Janina Turek (21 November 1921 - 12 November 2000) was the author of one of the longest life accounts, also known as factologies.

==Biography==
Her mother, Marianna Gąsiorska, was 42 when Janina was born in Krakow, Poland. Janina's father, Teofil Gurtler, was a city office worker. He made additional income by giving drawing classes. He created copies of many established and popular Polish oil painters, such as Jacek Malczewski, Józef Chełmoński, Bronisława Rychter Janowska.

Janina attended public boarding schools for girls in Kraków.
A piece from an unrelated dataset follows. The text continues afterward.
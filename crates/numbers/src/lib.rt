// The numbers of refusal: laws only.
#![tactic(auto)]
At that time, Poland had a single-sex public education system. Her good grades were often rewarded with books. Reading and literary analysis became Janina's greatest passion.

During the Second World War and the German occupation, she was greatly disappointed that the Kraków Public Library was closed by the occupying forces. Due to the war, she could not take high school graduation exams and her dream of studying pharmacology was disrupted.

Janina Turek lived with her family on Słoneczna Street (today's Bolesław Prus Street). She married Czesław Turek in November 1941 in Norbertanek's Monastery, Salwator, and they moved to an apartment on Moniuszki street.

In February 1943, the Gestapo arrested Janina's husband. At the time, she was in her 5th month of pregnancy. After being taken to the local jail on Montelupich Street, Janina's husband was deported to the concentration camp in Auschwitz-Birkenau. In the same year, Janina's father was relocated to an apartment number 6 on Parkowa street in Podgórze, where Janina also lived until her death.

Due to the war, she had to share her apartment with other tenants. In 1943 she gave birth to her son, Lesław. Despite harsh conditions and poverty, Janina never gave up her commitment to reading and writing. In 1943 she began her “factography”. It is a highly meticulous and detailed account of the events in her everyday life, scrupulously written in accordance to several self-established rules. This work was continued over the next 57 years until her death in 2000.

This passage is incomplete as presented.